Segment Start: The data
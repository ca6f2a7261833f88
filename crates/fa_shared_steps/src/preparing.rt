//! What a request makes while no lock is held: lists of pages, and what pages are to hold.
ghost use Rattle.std.specs.Prelude.{◌≡◌, ◌+◌, ◌-◌, ◌*◌, ◌^◌, ◌≤◌, ◌∷◌, [], ◌&&◌, true, false, if◌then◌else◌, length, nat_le, map, IfOk};
ghost use Rattle.std.specs.Prelude.{IfSome, IfNone};
ghost use Rattle.fa_shared_steps.specs.Prepared.{IsFilled, IsListed, IsMerged, SortsPage, content as rule_content};
ghost use Rattle.fa_shared_steps.specs.Prepared.{has_content as rule_has, until as rule_until};
ghost use Rattle.fa_shared_steps.specs.Prepared.{has_part as rule_part, pages_between};
ghost use Rattle.fa_shared_steps.specs.Ranges.{IsRange, begins_at};
ghost use Rattle.fa_types.specs.Store.{with_bytes};

use crate::next::stopped;
use crate::page_list::PageList;
use crate::range::Range;
use crate::request::{Fill, Task};
use crate::stage::{PageClaim, Purpose, Stage, Wish};
use fa_tag::Payload;
use fa_types::bytes::{fill, part, put};
use fa_types::{BlockFault, Page};
use std::alloc::{AllocError, Allocator};

/// The most pages of a batch.
const MAX_BATCH: u64 = 1024;

/// The pages of the next batch.
pub fn list<A: Allocator + Copy>(alloc: A, range: Range, purpose: Purpose) -> Stage<A>
    requires { IsRange range }
    ensures { IsListed range purpose result }
{
    let (next, listed) = match purpose {
        Purpose::Merge(held) => (purpose, Ok(PageList::one(alloc, held.page))),
        Purpose::Answer(page) => {
            let past = until(range, page);
            (Purpose::Answer(past), PageList::between(alloc, page, past))
        }
    };
    match listed {
        Ok(pages) => Stage::Asking(next, pages),
        Err(_) => stopped(purpose, BlockFault::NoMemory),
    }
}

/// The page behind the last one of a batch that begins at this page.
fn until(range: Range, page: u64) -> u64
    requires { IsRange range }
    ensures { result ≡ rule_until range page }
{
    range.past_page().min(page.saturating_add(MAX_BATCH))
}

/// What a page that is written whole is to hold.
pub fn fill_page<A: Allocator + Copy>(
    alloc: A,
    task: Task,
    bytes: &[u8],
    held: PageClaim,
    fewer: bool,
) -> Stage<A>
    requires { IsRange task.range }
    ensures { IsFilled task bytes.now held fewer result }
{
    if !fewer && task.fill == Some(Fill::Holes) {
        return Stage::Reserving(held, Wish::Hole);
    }
    match content(alloc, task, bytes, held.page) {
        None => Stage::Releasing(held, Some(BlockFault::Lost)),
        Some(Err(_)) => Stage::Releasing(held, Some(BlockFault::NoMemory)),
        Some(Ok(filled)) => match Payload::new(filled) {
            Err(_) => Stage::Releasing(held, Some(BlockFault::NoMemory)),
            Ok(payload) => Stage::Reserving(held, wish_of(payload, fewer)),
        },
    }
}

/// The same with a payload that may have been made for it: where it has other bytes it is made anew.
pub fn fill_with<A: Allocator + Copy>(
    alloc: A,
    task: Task,
    bytes: &[u8],
    held: PageClaim,
    fewer: bool,
    payload: Payload<A>,
) -> Stage<A>
    requires { IsRange task.range }
    ensures { IsFilled task bytes.now held fewer result }
{
    if is_content(task, bytes, held.page, payload.bytes()) {
        Stage::Reserving(held, wish_of(payload, fewer))
    } else {
        fill_page(alloc, task, bytes, held, fewer)
    }
}

/// Whether these are the bytes of the request that go into a page.
fn is_content(task: Task, bytes: &[u8], page: Page, filled: &[u8]) -> bool
    requires { IsRange task.range }
    ensures { result ≡ true → (task.fill ≡ Some Fill.Bytes) × (filled.now ≡ rule_content task.fill task.range page.0 bytes.now) }
{
    let count = task.range.bytes_in(page.0);
    let offset = task.range.offset_of(page.0);
    task.fill == Some(Fill::Bytes)
        && fits(offset, count, bytes.len())
        && part(bytes, offset, count) == filled
}

/// A wish for these bytes, on as many dies as are asked for or on fewer.
fn wish_of<A: Allocator>(payload: Payload<A>, fewer: bool) -> Wish<A>
    ensures { result ≡ (if fewer then Wish.Fewer payload else Wish.Data payload) }
{
    if fewer {
        Wish::Fewer(payload)
    } else {
        Wish::Data(payload)
    }
}

/// What goes into a page, in memory of its own. None where the request has no bytes for it. The error is out of memory.
pub fn content<A: Allocator + Copy>(
    alloc: A,
    task: Task,
    bytes: &[u8],
    page: Page,
) -> Option<Result<Vec<u8, A>, AllocError>>
    requires { IsRange task.range }
    ensures some { IfSome result (λ made. IfOk made (λ filled. filled.items ≡ rule_content task.fill task.range page.0 bytes.now)) }
    ensures none { IfNone result (rule_has task.fill task.range page.0 bytes.now ≡ false) }
{
    let count = task.range.bytes_in(page.0);
    if task.fill != Some(Fill::Bytes) {
        return Some(vec![in alloc; 0u8; count]);
    }
    let offset = task.range.offset_of(page.0);
    if !fits(offset, count, bytes.len()) {
        return None;
    }
    Some(Vec::from_slice(alloc, part(bytes, offset, count)))
}

/// What a page that is written in part is to hold, where it held these bytes.
fn merge_page<A: Allocator + Copy>(
    task: Task,
    bytes: &[u8],
    held: PageClaim,
    given: Vec<u8, A>,
) -> Stage<A>
    requires { IsRange task.range }
    ensures { IsMerged task bytes.now held given.items result }
{
    let mut merged = given;
    if !put_content(merged.as_mut_slice(), task, bytes, held.page) {
        return Stage::Releasing(held, Some(BlockFault::Lost));
    }
    match Payload::new(merged) {
        Err(_) => Stage::Releasing(held, Some(BlockFault::NoMemory)),
        Ok(payload) => Stage::Reserving(held, Wish::Data(payload)),
    }
}

/// Puts what goes into a page over the bytes that it held, and says whether it could: there have to be bytes for it, and place.
fn put_content(into: &mut [u8], task: Task, bytes: &[u8], page: Page) -> bool
    requires { IsRange task.range }
    ensures put { result ≡ true → into.new
        ≡ with_bytes (begins_at task.range page.0) (rule_content task.fill task.range page.0 bytes.now) into.old }
    ensures tested { result ≡ (rule_has task.fill task.range page.0 bytes.now && rule_part task.range page.0 (length into.old)) }
{
    let begin = task.range.begins_at(page.0);
    let count = task.range.bytes_in(page.0);
    if task.fill != Some(Fill::Bytes) {
        if !fits(begin, count, into.len()) {
            return false;
        }
        fill(into, begin, count, 0);
        return true;
    }
    let offset = task.range.offset_of(page.0);
    if !fits(offset, count, bytes.len()) || !fits(begin, count, into.len()) {
        return false;
    }
    put(into, begin, part(bytes, offset, count));
    true
}

/// Whether so many bytes from an offset are within the length.
pub fn fits(offset: usize, count: usize, len: usize) -> bool
    ensures { result ≡ nat_le (offset + count) len }
{
    count <= len && offset <= len - count
}

/// What a page is to hold behind a batch of it alone.
pub fn sort_page<A: Allocator + Copy>(
    task: Task,
    bytes: &[u8],
    held: PageClaim,
    answers: Vec<(Page, Vec<u8, A>), A>,
) -> Stage<A>
    requires { IsRange task.range }
    ensures { SortsPage task bytes.now held (map (λ e. (e.0.0, e.1.items)) answers.items) result }
{
    let mut answers = answers;
    if answers.is_empty() {
        return Stage::Releasing(held, Some(BlockFault::Lost));
    }
    let (_, given) = answers.remove(0);
    merge_page(task, bytes, held, given)
}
Segment End: The data
Looking at the entries above, work out how many lines include the word "have" and reply with that number alone.

Solved problem: 2